Meyers Primary Care Institute, (a joint endeavor of the University of Massachusetts Medical School, Reliant Medical Group, and Fallon Health), Worcester, Massachusetts, USA.
Department of Population and Quantitative Health Sciences, University of Massachusetts Medical School, Worcester, Massachusetts, USA.
Health Serv Res. 2022 Jun;57(3):579-586. doi: 10.1111/1475-6773.13677. Epub 2021 Jun 1.
To describe the characteristics of high-frequency hospital users (four or more hospitalizations in a year) and the consequences of including or excluding their data from a readmission-based measure.
2015 and 2016 Massachusetts Medicaid data.
We compare demographics, morbidity burden, and social risk factors for high- and low-frequency hospital users, and membership in 17 accountable care organizations. We evaluate how excluding hospitalizations of high-frequency users from a 30-day readmission measure (with or without risk adjustment) changes its rate and variability and affects performance rankings of accountable care organizations.

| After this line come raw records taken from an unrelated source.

// The run as text: from the bytes of a table and of a schedule to the bytes that the run program prints.
#![tactic(auto)]

ghost use Rattle.rules.specs.RunText.{ran_text};
ghost use Rattle.text_writing.specs.Lay.{Laid};
ghost use Rattle.run_text.specs.RanFrom.{RanFrom};

use machine::{choices, run};
use run_lines::print_run;
use table_facts::{PAIRS, VERTICES};

// Runs the schedule from the heard state, lays the text of the run over the front of the lent text, as far as it fits,
// and answers how many bytes that is.
pub fn run_from(table: &[u8], heard: &mut [u8], schedule: &[u8], text: &mut [u8]) -> usize
    ensures { RanFrom table.now heard.old schedule.now text.old
        heard.new text.new result }
{
    let mut sums = [0; VERTICES];
    let answer = run(table, heard, schedule, &mut sums);
    let chosen = choices(table, heard);
    print_run(answer, table, &chosen, &sums, text)
}

// Lays the text of a run from all zeros over the front of the lent text, as far as it fits, and answers how many bytes
// that is; 8,192 hold every text.
pub fn run_text(table: &[u8], schedule: &[u8], text: &mut [u8]) -> usize
    ensures { Laid 0 (ran_text table.now schedule.now) text.old text.new result }
{
    let mut heard = [0; PAIRS];
    run_from(table, &mut heard, schedule, text)
}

The outcome is readmission within 30 days; each live discharge from a hospital contributes one observation.
DATA COLLECTION/EXTRACTION METHODS: We studied 74 706 hospitalizations of 42 794 MassHealth members, 18-64 years old, managed-care-eligible, and ever hospitalized in 2016.
Among adult managed-care-eligible MassHealth members with at least one acute hospitalization, 8.7% were high-frequency hospital users; they contributed 30.2% of hospitalizations and 69.4% of readmissions. High-frequency users were more often male (77.1% vs. 50.0%; P < 0.001) and sicker (mean medical morbidity score was 3.3 vs. 1.9; P < 0.001) than others. They also had significant social risks: 33.1% with housing problems, 44.1% disabled, 83.2% with serious mental illness, and 77.1% with substance abuse disorder (vs. 22.0%, 27.3%, 60.2%, and 50.0%, respectively, for other hospital users [all P values <0.001]). Fully 50.7% of hospitalizations for high-frequency users led to 30-day readmissions (vs. 9.7%), contributing 72.0% of the variance in 30-day readmission, and substantially affecting judgments about the relative performance of accountable care organizations.
A small group of high-frequency hospital users have a disproportionate effect on 30-day readmission rates. This negatively affects some Medicaid ACOs, and more broadly is likely to adversely affect safety net hospitals. How these metrics are used should be reconsidered in this context.
描述高频住院患者(一年内住院 4 次或以上)的特征,以及将其数据纳入或排除在基于再入院的指标之外所产生的后果。
2015 年和 2016 年马萨诸塞州医疗补助数据。
我们比较了高频和低频住院患者的人口统计学特征、疾病负担和社会风险因素,以及 17 个问责制医疗组织的成员资格。我们评估了将高频住院患者的住院数据排除在 30 天再入院指标之外(是否进行风险调整)如何改变其比率和变异性,并影响问责制医疗组织的绩效排名。结果是 30 天内再入院;每位从医院出院的患者贡献一次观察。
资料收集/提取方法:我们研究了 74706 例马萨诸塞州医疗补助计划(MassHealth)42794 名符合管理式医疗资格、年龄在 18-64 岁之间、2016 年曾住院的患者的住院情况。
在至少有一次急性住院治疗的成年管理式医疗合格的 MassHealth 成员中,8.7%为高频住院患者;他们贡献了 30.2%的住院治疗和 69.4%的再入院。高频住院患者中男性(77.1%比 50.0%;P<0.001)和病情更严重(平均医疗发病率评分 3.3 比 1.9;P<0.001)的比例更高。他们还存在显著的社会风险:33.1%存在住房问题,44.1%残疾,83.2%患有严重精神疾病,77.1%患有药物滥用障碍(相比之下,其他住院患者的比例分别为 22.0%、27.3%、60.2%和 50.0%[所有 P 值均<0.001])。高频住院患者中有 50.7%的住院治疗导致 30 天内再入院(9.7%),对 30 天内再入院率的变异性贡献了 72.0%,这对问责制医疗组织的相对绩效评估产生了实质性影响。
一小部分高频住院患者对 30 天再入院率有不成比例的影响。这对一些医疗补助 ACO 产生了负面影响,更广泛地说,可能对医疗保障网络医院产生不利影响。在这种情况下,应该重新考虑这些指标的使用方式。